Aunt Gladys had died at eighty-six in a nursing home, leaving the house furnished. Though much of it was old and worn, they had kept the better pieces to kit out some of the bedrooms. The downstairs rooms, apart from the kitchen and one turned into a communal lounge, were given over to the needs of their practice. As well as the office, there was a large laboratory and a workroom each for Angela and himself, together with a toilet at the end of the corridor that led back from the central hall.
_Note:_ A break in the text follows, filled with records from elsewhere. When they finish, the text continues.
// Paths below the root.
ghost use Rattle.std.specs.Prelude.{◌≡◌, ◌↔◌, ◌≤◌, ℕ, List, None, Some, IfOk, IfErr, OnOk, IsTrue, All, length, position, slice_get, string_bytes};
ghost use Rattle.std.specs.Option.{option_copied};
ghost use Rattle.std.specs.Str.{IsUtf8};
ghost use Rattle.wse_path.specs.Path.{bytes_of, has_bad_byte, is_bad, text_of, refusal, IsPath, is_under};

use crate::items::Duplicate;
use crate::memory::Memory;
use crate::text::Text;
use std::alloc::Global;
use std::cmp::Ordering;
use std::hash::{Hash, Hasher};
use std::marker::Model;

/// The most segments of a path.
const MAX_DEPTH: usize = 64;

/// The most bytes of a segment.
const MAX_SEGMENT: usize = 255;

/// The most bytes of a path's text.
const MAX_TEXT: usize = 4096;

/// Why segments are no path. The first cause in this order counts. This project's own rule.
#[derive(Debug, Clone, Copy, PartialEq, Eq)]
pub enum PathRefused {
    /// There is no segment.
    Empty,
    /// There are more than 64 segments.
    TooDeep { depth: usize },
    /// The first segment that is empty, longer than 255 bytes, `.` or `..`, or has `/` or NUL in it.
    Segment { index: usize },
    /// The text is longer than 4,096 bytes.
    TooLong { bytes: usize },
}

/// A path below the root: 1 to 64 segments. Contracts see the list of the segments' bytes.
#[derive(Debug, Drop)]
pub struct RelPath {
    segments: Vec<String>,
}

impl Model for RelPath {
    ghost use Rattle.std.specs.Prelude.{List, ℕ};

    ghost Value = { List (List ℕ) };

    ghost use Rattle.wse_path.specs.Path.{bytes_of, IsPath};

    ghost view = { λ a. bytes_of a.segments.items };

    ghost invariant = { λ a. IsPath (bytes_of a.segments.items) };
}

fn has_bad_byte_in(segment: &str) -> bool
    ensures { result ≡ has_bad_byte segment.now }
{
    segment.as_bytes().iter().any(|b| *b == b'/' || *b == 0)
}

fn is_bad_segment(segment: &str) -> bool
    ensures { result ≡ is_bad segment.now }
{
    segment.is_empty()
        || segment.len() > MAX_SEGMENT
        || segment == "."
        || segment == ".."
        || has_bad_byte_in(segment)
}

fn first_bad(segments: &[String]) -> Option<usize>
    ensures { result ≡ position (λ s. is_bad (string_bytes s)) segments.now }
{
    segments.iter().position(|s| is_bad_segment(s.as_str()))
}

/// The length of the segments' text, joined by `/`.
fn text_bytes(segments: &[String]) -> usize
    requires few { length segments.now ≤ MAX_DEPTH }
    requires short { All (λ s. length (string_bytes s) ≤ MAX_SEGMENT) segments.now }
    ensures { result ≡ length (text_of (bytes_of segments.now)) }
{
    let mut sum: usize = 0;
    for s in segments {
        sum += s.len();
    }
    if segments.is_empty() {
        return 0;
    }
    sum + (segments.len() - 1)
}

impl RelPath {
    /// The path of these segments. Takes no memory.
    pub fn new(segments: Vec<String>) -> Result<RelPath, PathRefused>
        ensures ok { IfOk result (λ path. path ≡ bytes_of segments.items) }
        ensures taken { OnOk result (refusal (bytes_of segments.items) ≡ None) }
        ensures refused { IfErr result (λ why. refusal (bytes_of segments.items) ≡ Some why) }
    {
        if segments.is_empty() {
            return Err(PathRefused::Empty);
        }
        let depth = segments.len();
        if depth > MAX_DEPTH {
            return Err(PathRefused::TooDeep { depth });
        }
        if let Some(index) = first_bad(&segments) {
            return Err(PathRefused::Segment { index });
        }
        let bytes = text_bytes(&segments);
        if bytes > MAX_TEXT {
            return Err(PathRefused::TooLong { bytes });
        }
        Ok(RelPath { segments })
    }

    /// Whether the other path is a strict prefix of this one.
    pub fn is_under(&self, other: &RelPath) -> bool
        ensures { result ≡ is_under self.now other.now }
    {
        other.segments.len() < self.segments.len() && self.segments.starts_with(&other.segments)
    }

    /// The number of segments.
    pub fn depth(&self) -> usize
        ensures depth { result ≡ length self.now }
        ensures path { IsPath self.now }
        ensures utf8 { All IsUtf8 self.now }
    {
        self.segments.len()
    }

    /// The segment at a place, counted from 0.
    pub fn segment(&self, index: usize) -> Option<&str>
        ensures { option_copied result ≡ slice_get self.now index }
    {
        self.segments.get(index).map(String::as_str)
    }

    /// The segments.
    pub fn segments(&self) -> &[String]
        ensures { bytes_of result.now ≡ self.now }
    {
        &self.segments
    }

    /// How many bytes the text has: at most 4,096.
    pub fn text_len(&self) -> usize
        ensures len { result ≡ length (text_of self.now) }
        ensures short { result ≤ 4096 }
    {
        text_bytes(&self.segments)
    }

    /// The segments, joined by `/`.
    pub fn text(&self, alloc: Global) -> Result<Text, Memory>
        ensures { IfOk result (λ text. text ≡ text_of self.now) }
    {
        let mut text = String::new(alloc);
        for (index, segment) in self.segments.iter().enumerate() {
            if index > 0 {
                text.push('/')?;
            }
            text.push_str(segment.as_str())?;
        }
        Ok(Text::new(text))
    }
}

impl Duplicate for RelPath {
    fn duplicate(&self, alloc: Global) -> Result<RelPath, Memory> {
        let mut segments = Vec::with_capacity(alloc, self.segments.len())?;
        for segment in &self.segments {
            segments.push(String::from_str(alloc, segment.as_str())?)?;
        }
        Ok(RelPath { segments })
    }
}

impl PartialEq for RelPath {
    ghost use Rattle.std.specs.Prelude.{nat_eq, ◌≡◌, ◌↔◌, IsTrue};
    ghost use Rattle.std.specs.Cmp.Lexicographic.{pointwise, lists_equiv, nat_list_eq_equiv};
    ghost use Rattle.std.specs.Cmp.{partial_equiv_from_equiv};

    ghost eq = { pointwise (pointwise nat_eq) };

    ghost laws = { partial_equiv_from_equiv (lists_equiv nat_list_eq_equiv) };

    fn eq(&self, other: &RelPath) -> bool
        ensures eq { result ≡ pointwise (pointwise nat_eq) self.now other.now }
        ensures same { IsTrue result ↔ (self.now ≡ other.now) }
    {
        self.segments == other.segments
    }
}

impl Eq for RelPath {
    ghost use Rattle.std.specs.Cmp.Lexicographic.{lists_equiv, nat_list_eq_equiv};

    ghost laws = { lists_equiv nat_list_eq_equiv };
}

/// Path order: segment by segment, each by its bytes.
impl PartialOrd for RelPath {
    ghost use Rattle.std.specs.Prelude.{Some, refl};
    ghost use Rattle.std.specs.Ordering.{nat_cmp};
    ghost use Rattle.std.specs.Cmp.Lexicographic.{slice_cmp, lists_total, nat_list_cmp_total, lists_ties, texts_ties};
    ghost use Rattle.std.specs.Cmp.{partial_order_from_agreeing_total};

    ghost partial_cmp = { λ x y. Some (slice_cmp (slice_cmp nat_cmp) x y) };

    ghost laws = { partial_order_from_agreeing_total (slice_cmp (slice_cmp nat_cmp)) (lists_total nat_list_cmp_total) (λ x y. refl) (lists_ties (slice_cmp nat_cmp) texts_ties) };

    fn partial_cmp(&self, other: &RelPath) -> Option<Ordering> {
        Some(self.cmp(other))
    }
}

impl Ord for RelPath {
    ghost use Rattle.std.specs.Prelude.{refl};
    ghost use Rattle.std.specs.Ordering.{nat_cmp};
    ghost use Rattle.std.specs.Cmp.Lexicographic.{slice_cmp, lists_total, nat_list_cmp_total, lists_ties, texts_ties};

    ghost cmp = { slice_cmp (slice_cmp nat_cmp) };

    ghost total = { lists_total nat_list_cmp_total };

    ghost matches_partial_cmp = { λ x y. refl };

    ghost matches_eq = { lists_ties (slice_cmp nat_cmp) texts_ties };

    fn cmp(&self, other: &RelPath) -> Ordering {
        self.segments.cmp(&other.segments)
    }
}

impl Hash for RelPath {
    ghost use Rattle.std.specs.Hash as fed;
    ghost use Rattle.std.specs.Hash.{items_Alike};
    ghost use Rattle.wse_path.specs.Order.{texts_alike};

    ghost hash_input = { fed.slice fed.str };

    ghost respects_eq = { (items_Alike texts_alike).fed };

    fn hash<H: Hasher>(&self, state: &mut H) {
        self.segments.hash(state);
    }
}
A preparation room and wash-up for apparatus occupied the former scullery and what had been a huge pantry was now to be a storeroom.

As they finished their drinks, there was a throaty roar from outside as a motorcycle climbed the steep drive from the main road below and swung around the back of the house to the yard behind. Here there was a coach-house with space for two cars underneath a large loft that Angela had her eye on for an extension to the laboratory. With a final noisy revving, the engine of the Royal Enfield died and moments later the rider and his passenger marched into the office.

‘Jimmy saw me at the bus stop and gave me a lift,’ announced their sole professional employee. Sian Lloyd was a lively, ebullient blonde of twenty-four, small and shapely, with a snub nose and blue eyes. Not a girl to be pushed around, she gazed out at the world defiantly, speaking her mind on anything that concerned her – and some things that did not. Sian came from a working-class family, her father a welder in a local engineering works, a shop steward and fervent socialist, some of which had rubbed off on his daughter. She was fully qualified, having passed all the examinations giving her Fellowship of the Institute of Medical Laboratory Technology, and she had already started on an external degree in biochemistry.